What is needed -
Look through the listing below for the word "IsForeseen" and copy every line where it occurs.

The input Block Start

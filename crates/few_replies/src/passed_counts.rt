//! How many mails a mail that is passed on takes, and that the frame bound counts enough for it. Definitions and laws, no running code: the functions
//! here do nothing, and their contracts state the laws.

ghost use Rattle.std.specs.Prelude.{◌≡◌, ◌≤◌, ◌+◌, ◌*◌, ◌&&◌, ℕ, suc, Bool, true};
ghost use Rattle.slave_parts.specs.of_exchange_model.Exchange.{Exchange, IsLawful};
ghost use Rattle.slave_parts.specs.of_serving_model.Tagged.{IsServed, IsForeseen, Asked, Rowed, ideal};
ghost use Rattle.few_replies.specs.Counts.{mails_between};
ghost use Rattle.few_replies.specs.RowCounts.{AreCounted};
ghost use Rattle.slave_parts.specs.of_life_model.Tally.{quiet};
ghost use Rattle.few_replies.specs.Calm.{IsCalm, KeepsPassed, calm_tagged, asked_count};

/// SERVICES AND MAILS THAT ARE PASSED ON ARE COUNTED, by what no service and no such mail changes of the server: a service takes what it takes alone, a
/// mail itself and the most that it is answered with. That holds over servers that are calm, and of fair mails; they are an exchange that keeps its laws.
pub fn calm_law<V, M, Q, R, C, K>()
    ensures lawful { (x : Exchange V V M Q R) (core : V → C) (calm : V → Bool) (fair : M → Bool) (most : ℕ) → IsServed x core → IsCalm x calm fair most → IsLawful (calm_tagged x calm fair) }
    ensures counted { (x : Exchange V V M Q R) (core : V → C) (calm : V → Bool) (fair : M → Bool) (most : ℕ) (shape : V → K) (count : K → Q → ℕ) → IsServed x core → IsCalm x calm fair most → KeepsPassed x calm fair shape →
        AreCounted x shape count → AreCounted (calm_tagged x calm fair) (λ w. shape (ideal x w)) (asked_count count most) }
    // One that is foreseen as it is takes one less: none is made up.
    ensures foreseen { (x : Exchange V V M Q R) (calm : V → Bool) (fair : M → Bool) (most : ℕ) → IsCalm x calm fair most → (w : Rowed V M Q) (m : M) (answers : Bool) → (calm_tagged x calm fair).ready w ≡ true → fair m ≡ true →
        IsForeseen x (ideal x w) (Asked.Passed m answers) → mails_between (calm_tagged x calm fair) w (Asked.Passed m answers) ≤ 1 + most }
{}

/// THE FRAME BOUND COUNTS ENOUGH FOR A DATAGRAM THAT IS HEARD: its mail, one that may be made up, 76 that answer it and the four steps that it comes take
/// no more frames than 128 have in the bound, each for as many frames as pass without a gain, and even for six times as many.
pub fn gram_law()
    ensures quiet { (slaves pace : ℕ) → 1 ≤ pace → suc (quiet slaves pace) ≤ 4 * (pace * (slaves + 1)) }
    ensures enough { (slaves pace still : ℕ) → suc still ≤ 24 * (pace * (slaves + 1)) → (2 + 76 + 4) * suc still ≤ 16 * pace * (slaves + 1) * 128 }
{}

The input Block End
The input Block Start

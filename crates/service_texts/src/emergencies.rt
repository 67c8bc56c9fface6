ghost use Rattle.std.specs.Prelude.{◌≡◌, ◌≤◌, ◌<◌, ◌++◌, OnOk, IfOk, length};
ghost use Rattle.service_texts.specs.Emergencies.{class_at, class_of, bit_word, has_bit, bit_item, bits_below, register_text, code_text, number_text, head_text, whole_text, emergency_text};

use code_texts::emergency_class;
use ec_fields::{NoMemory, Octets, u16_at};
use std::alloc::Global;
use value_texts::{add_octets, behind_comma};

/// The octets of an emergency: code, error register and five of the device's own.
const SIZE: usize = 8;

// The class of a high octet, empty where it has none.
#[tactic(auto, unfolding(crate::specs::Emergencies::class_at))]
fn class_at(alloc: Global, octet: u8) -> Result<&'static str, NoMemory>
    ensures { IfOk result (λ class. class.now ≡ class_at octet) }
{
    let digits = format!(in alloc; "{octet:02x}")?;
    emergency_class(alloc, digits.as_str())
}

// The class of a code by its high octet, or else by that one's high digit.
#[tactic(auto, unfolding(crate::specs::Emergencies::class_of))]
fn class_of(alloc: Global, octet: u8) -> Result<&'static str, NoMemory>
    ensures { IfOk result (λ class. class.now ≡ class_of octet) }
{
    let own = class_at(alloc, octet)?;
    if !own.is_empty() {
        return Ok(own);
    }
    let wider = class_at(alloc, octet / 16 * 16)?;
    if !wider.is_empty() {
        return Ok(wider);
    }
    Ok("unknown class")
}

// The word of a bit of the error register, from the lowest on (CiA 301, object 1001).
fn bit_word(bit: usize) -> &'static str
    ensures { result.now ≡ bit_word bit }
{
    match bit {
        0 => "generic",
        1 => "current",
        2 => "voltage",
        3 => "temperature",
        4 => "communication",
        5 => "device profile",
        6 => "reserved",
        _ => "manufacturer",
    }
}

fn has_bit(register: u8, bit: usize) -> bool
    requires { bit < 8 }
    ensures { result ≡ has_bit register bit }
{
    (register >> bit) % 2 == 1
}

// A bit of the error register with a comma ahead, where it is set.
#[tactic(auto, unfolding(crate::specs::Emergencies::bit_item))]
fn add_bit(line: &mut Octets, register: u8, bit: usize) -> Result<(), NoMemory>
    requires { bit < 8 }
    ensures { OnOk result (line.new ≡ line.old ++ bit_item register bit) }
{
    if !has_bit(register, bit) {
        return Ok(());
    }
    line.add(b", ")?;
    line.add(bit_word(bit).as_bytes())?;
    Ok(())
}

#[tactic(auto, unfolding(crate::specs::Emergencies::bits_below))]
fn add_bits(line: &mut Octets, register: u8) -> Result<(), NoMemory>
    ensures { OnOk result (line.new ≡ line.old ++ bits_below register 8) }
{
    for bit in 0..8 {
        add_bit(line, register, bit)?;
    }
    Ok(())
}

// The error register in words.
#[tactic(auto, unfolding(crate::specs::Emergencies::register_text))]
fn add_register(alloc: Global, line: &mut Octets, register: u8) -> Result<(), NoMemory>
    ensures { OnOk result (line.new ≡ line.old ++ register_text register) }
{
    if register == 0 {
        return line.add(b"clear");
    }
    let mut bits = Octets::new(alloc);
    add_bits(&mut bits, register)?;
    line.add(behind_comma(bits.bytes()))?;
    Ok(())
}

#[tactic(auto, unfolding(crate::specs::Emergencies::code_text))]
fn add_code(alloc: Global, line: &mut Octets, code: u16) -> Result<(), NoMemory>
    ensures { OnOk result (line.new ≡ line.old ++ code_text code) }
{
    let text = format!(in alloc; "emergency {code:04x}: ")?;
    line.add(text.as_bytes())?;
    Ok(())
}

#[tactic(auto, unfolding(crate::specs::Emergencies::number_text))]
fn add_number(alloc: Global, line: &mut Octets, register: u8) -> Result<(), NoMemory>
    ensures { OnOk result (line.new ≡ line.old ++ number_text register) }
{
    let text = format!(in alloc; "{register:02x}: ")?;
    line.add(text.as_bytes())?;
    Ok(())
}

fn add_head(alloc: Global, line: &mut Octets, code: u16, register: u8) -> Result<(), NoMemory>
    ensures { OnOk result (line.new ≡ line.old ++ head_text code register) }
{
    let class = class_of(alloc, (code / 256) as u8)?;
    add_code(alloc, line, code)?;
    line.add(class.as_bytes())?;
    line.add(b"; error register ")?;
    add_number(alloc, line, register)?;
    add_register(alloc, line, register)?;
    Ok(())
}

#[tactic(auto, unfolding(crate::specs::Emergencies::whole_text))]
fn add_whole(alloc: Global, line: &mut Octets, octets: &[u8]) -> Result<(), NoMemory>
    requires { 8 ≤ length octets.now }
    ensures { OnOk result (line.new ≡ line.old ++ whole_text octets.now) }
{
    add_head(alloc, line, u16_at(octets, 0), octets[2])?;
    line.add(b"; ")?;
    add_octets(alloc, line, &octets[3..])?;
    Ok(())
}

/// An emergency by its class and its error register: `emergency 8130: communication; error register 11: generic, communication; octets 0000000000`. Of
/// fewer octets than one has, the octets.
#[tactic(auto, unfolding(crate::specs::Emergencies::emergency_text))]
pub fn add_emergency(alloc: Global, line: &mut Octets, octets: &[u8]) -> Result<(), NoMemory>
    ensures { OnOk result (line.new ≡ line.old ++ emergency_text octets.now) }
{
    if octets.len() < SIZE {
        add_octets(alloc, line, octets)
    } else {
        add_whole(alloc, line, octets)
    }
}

The input Block End

Task solution -
ghost use Rattle.slave_parts.specs.of_serving_model.Tagged.{IsServed, IsForeseen, Asked, Rowed, ideal};
        IsForeseen x (ideal x w) (Asked.Passed m answers) → mails_between (calm_tagged x calm fair) w (Asked.Passed m answers) ≤ 1 + most }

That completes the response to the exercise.